WHAT YOU WILL DO: Go through the following data and transcribe exactly the stretch of lines from the one holding "input.starts_with(LETTERS)" to the one holding "as are told.", both included.

Collected data:
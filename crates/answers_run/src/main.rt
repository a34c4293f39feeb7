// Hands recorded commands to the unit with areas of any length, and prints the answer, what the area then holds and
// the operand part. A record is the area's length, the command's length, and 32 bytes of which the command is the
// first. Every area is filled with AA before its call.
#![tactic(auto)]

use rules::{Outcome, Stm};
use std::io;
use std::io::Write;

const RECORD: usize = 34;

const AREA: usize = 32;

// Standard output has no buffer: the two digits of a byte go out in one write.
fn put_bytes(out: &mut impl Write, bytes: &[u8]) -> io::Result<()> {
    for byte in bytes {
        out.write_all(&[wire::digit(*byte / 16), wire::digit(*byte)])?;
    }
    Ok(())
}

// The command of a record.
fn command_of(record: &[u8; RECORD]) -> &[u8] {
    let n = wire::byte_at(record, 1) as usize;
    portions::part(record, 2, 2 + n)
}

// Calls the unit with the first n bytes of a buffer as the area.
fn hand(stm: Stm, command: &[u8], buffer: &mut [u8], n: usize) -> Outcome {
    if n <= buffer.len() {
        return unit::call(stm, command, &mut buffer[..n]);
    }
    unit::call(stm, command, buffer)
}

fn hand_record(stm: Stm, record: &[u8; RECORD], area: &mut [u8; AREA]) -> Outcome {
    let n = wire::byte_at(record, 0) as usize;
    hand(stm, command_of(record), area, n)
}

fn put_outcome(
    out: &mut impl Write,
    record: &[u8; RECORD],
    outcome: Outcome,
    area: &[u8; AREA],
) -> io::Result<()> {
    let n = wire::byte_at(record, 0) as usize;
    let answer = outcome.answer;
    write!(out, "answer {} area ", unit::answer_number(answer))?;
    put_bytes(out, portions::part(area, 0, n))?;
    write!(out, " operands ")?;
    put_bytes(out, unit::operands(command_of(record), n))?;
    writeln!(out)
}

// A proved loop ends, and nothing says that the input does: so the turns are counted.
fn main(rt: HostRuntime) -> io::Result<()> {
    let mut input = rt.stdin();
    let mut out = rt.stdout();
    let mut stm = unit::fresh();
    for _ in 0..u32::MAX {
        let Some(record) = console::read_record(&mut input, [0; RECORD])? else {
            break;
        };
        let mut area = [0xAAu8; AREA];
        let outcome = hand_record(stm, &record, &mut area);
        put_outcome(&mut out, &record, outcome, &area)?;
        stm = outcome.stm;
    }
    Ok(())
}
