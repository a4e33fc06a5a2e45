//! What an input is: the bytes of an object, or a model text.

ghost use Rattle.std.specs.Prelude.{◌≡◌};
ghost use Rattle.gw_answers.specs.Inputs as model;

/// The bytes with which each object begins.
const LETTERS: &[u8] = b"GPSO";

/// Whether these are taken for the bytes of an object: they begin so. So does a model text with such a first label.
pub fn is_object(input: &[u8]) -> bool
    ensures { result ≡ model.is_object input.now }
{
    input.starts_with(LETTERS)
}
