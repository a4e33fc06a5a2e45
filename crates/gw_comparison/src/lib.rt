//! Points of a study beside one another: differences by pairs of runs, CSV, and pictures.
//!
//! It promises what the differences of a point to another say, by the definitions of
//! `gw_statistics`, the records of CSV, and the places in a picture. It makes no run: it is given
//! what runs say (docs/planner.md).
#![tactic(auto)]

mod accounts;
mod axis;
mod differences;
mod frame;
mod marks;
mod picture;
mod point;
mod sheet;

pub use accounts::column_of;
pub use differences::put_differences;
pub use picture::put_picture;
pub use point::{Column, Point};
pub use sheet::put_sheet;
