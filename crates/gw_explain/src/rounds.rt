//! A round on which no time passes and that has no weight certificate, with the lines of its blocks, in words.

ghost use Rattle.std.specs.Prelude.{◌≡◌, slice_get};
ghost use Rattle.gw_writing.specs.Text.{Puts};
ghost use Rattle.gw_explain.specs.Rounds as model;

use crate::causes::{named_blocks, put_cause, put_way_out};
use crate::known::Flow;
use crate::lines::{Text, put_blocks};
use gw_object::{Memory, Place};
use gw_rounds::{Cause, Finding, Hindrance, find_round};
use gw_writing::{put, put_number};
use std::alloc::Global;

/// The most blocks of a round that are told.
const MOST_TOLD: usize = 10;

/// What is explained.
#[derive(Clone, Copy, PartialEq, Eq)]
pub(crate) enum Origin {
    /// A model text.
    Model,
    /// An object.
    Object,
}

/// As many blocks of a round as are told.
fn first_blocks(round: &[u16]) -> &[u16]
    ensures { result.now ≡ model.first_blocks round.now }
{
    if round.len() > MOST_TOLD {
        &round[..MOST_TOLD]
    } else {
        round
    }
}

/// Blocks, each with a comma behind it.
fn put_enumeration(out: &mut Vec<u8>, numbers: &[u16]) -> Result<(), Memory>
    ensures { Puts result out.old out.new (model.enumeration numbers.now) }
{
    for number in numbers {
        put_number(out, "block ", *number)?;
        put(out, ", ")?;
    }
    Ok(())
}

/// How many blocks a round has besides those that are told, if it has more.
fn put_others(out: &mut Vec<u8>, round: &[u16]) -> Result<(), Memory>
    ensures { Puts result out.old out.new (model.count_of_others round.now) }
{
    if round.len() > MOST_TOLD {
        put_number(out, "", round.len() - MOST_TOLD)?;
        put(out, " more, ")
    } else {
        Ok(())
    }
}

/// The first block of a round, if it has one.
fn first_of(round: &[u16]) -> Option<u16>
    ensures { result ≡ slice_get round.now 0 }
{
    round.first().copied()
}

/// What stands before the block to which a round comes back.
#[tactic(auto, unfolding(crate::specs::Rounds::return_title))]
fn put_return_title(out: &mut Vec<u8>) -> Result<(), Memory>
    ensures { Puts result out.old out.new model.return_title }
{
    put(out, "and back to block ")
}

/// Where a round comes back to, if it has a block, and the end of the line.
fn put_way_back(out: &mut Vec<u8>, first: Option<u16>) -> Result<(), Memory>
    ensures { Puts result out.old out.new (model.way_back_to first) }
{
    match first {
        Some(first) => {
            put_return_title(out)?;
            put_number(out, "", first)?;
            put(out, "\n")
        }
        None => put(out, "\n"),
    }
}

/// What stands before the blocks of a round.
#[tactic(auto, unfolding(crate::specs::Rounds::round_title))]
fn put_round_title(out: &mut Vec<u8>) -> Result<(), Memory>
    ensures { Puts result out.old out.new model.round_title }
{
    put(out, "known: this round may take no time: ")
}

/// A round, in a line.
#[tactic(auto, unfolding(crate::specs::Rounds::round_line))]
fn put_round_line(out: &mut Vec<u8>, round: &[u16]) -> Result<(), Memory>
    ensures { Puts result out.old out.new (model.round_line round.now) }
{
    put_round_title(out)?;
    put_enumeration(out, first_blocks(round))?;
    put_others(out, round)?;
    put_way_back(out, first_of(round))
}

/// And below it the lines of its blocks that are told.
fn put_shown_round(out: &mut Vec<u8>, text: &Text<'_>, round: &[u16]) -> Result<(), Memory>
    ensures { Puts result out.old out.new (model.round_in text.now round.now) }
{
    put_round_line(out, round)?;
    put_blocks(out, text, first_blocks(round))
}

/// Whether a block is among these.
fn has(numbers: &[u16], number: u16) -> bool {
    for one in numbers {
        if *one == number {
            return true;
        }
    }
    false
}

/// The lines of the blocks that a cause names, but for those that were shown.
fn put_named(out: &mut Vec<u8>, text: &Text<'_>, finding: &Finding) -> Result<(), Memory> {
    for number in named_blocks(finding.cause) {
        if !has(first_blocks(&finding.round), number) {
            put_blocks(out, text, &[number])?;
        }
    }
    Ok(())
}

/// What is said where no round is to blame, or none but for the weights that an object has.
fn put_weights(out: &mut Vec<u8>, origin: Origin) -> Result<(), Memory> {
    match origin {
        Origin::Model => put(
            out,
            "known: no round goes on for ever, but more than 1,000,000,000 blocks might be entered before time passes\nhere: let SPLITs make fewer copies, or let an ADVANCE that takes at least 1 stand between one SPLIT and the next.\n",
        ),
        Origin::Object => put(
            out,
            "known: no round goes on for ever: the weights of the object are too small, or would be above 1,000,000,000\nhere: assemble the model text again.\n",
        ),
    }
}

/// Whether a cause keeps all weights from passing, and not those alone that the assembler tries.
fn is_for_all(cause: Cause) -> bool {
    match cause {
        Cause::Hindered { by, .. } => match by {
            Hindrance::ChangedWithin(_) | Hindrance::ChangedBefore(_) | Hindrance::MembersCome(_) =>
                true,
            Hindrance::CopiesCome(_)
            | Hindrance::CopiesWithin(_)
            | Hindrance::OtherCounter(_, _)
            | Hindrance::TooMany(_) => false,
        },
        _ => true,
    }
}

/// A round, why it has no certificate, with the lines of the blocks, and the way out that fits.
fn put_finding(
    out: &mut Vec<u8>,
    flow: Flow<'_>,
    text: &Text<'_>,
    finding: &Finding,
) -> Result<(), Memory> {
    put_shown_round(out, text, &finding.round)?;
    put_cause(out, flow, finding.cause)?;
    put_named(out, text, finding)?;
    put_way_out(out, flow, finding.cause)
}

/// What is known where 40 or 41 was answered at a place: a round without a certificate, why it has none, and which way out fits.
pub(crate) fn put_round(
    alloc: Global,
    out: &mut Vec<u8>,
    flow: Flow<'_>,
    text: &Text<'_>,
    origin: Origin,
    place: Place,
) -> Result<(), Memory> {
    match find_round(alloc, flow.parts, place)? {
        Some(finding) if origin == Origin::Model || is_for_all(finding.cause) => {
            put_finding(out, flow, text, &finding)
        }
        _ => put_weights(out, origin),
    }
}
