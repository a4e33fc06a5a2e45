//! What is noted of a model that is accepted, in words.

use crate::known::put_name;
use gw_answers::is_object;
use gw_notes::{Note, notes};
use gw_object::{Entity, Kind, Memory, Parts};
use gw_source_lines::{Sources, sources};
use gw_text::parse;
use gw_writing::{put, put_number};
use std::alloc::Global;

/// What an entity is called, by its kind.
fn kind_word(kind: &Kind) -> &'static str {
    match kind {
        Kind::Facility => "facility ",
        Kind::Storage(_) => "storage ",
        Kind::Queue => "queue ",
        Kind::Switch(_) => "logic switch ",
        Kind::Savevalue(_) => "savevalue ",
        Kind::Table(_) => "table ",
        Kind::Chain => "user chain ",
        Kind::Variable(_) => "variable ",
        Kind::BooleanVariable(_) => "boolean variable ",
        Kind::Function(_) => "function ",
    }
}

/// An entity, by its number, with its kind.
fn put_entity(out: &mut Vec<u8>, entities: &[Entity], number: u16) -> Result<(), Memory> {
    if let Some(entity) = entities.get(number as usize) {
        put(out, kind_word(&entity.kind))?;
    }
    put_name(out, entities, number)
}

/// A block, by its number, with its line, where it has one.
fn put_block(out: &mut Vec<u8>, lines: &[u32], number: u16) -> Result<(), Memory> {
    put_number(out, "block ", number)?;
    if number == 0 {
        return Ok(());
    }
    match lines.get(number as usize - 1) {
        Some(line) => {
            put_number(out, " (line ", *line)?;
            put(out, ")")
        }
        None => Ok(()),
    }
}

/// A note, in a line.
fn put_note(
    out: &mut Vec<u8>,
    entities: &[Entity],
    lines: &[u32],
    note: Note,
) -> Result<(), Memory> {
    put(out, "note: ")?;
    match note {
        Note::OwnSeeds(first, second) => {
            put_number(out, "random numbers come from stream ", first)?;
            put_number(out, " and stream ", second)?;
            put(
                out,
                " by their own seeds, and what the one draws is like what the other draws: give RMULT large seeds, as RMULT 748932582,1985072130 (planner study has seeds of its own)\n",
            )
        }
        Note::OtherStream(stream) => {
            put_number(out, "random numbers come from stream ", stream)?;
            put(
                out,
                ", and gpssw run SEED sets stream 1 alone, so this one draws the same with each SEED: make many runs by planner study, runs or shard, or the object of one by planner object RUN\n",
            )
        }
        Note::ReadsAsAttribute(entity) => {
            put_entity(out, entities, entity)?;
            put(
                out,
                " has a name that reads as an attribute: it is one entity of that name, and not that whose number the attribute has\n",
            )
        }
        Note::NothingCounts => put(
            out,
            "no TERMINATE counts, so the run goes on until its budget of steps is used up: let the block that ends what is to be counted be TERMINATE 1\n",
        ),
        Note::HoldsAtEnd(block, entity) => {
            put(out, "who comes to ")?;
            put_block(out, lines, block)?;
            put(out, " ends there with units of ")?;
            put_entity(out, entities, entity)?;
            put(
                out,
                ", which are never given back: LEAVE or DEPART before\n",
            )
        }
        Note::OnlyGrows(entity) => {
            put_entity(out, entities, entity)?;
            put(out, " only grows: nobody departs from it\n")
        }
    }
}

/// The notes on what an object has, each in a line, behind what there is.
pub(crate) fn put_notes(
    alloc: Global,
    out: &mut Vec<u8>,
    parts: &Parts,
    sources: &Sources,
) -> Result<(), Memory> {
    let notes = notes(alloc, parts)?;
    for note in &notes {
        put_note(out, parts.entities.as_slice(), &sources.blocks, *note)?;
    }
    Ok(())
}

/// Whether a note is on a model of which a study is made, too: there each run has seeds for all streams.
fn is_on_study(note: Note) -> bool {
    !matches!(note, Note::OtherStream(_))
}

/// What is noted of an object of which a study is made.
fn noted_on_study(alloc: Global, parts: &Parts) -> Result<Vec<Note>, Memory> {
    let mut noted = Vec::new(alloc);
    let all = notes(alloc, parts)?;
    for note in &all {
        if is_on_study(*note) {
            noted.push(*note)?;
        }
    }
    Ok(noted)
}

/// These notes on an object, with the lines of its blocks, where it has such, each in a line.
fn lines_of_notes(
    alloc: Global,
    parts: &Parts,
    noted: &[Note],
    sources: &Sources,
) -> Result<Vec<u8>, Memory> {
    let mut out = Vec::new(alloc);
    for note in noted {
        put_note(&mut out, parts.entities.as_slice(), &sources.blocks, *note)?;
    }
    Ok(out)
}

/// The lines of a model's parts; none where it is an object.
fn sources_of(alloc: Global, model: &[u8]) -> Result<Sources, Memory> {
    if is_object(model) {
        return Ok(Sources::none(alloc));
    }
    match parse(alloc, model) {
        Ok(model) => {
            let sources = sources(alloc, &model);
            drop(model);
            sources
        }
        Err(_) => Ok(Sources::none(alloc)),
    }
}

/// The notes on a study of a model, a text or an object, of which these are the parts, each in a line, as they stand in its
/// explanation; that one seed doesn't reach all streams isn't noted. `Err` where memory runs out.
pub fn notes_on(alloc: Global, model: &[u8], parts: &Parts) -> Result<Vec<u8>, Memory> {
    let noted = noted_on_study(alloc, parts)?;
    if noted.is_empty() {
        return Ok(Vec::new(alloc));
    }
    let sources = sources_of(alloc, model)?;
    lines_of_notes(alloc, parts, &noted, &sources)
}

RESULT OF THIS EXERCISE:
    input.starts_with(LETTERS)
}
repository a4e33fc06a5a2e45
filename crates/gw_comparison/src/lib.rt
//! Points of a study beside one another: differences by pairs of runs, CSV, and pictures.
//!
//! It promises what the differences of a point to another say, by the definitions of
//! `gw_statistics`, the records of CSV, and the places in a picture. It makes no run: it is given
//! what runs say (docs/planner.md).
#![tactic(auto)]

mod accounts;
mod axis;
mod differences;
mod frame;
mod marks;
mod picture;
mod point;
mod sheet;

pub use accounts::column_of;
pub use differences::put_differences;
pub use picture::put_picture;
pub use point::{Column, Point};
pub use sheet::put_sheet;
filename crates/gw_explain/src/rounds.rt
//! A round on which no time passes and that has no weight certificate, with the lines of its blocks, in words.

ghost use Rattle.std.specs.Prelude.{◌≡◌, slice_get};
ghost use Rattle.gw_writing.specs.Text.{Puts};
ghost use Rattle.gw_explain.specs.Rounds as model;

use crate::causes::{named_blocks, put_cause, put_way_out};
use crate::known::Flow;
use crate::lines::{Text, put_blocks};
use gw_object::{Memory, Place};
use gw_rounds::{Cause, Finding, Hindrance, find_round};
use gw_writing::{put, put_number};
use std::alloc::Global;

/// The most blocks of a round that are told.
const MOST_TOLD: usize = 10;

/// What is explained.
#[derive(Clone, Copy, PartialEq, Eq)]
pub(crate) enum Origin {
    /// A model text.
    Model,
    /// An object.
    Object,
}

/// As many blocks of a round as are told.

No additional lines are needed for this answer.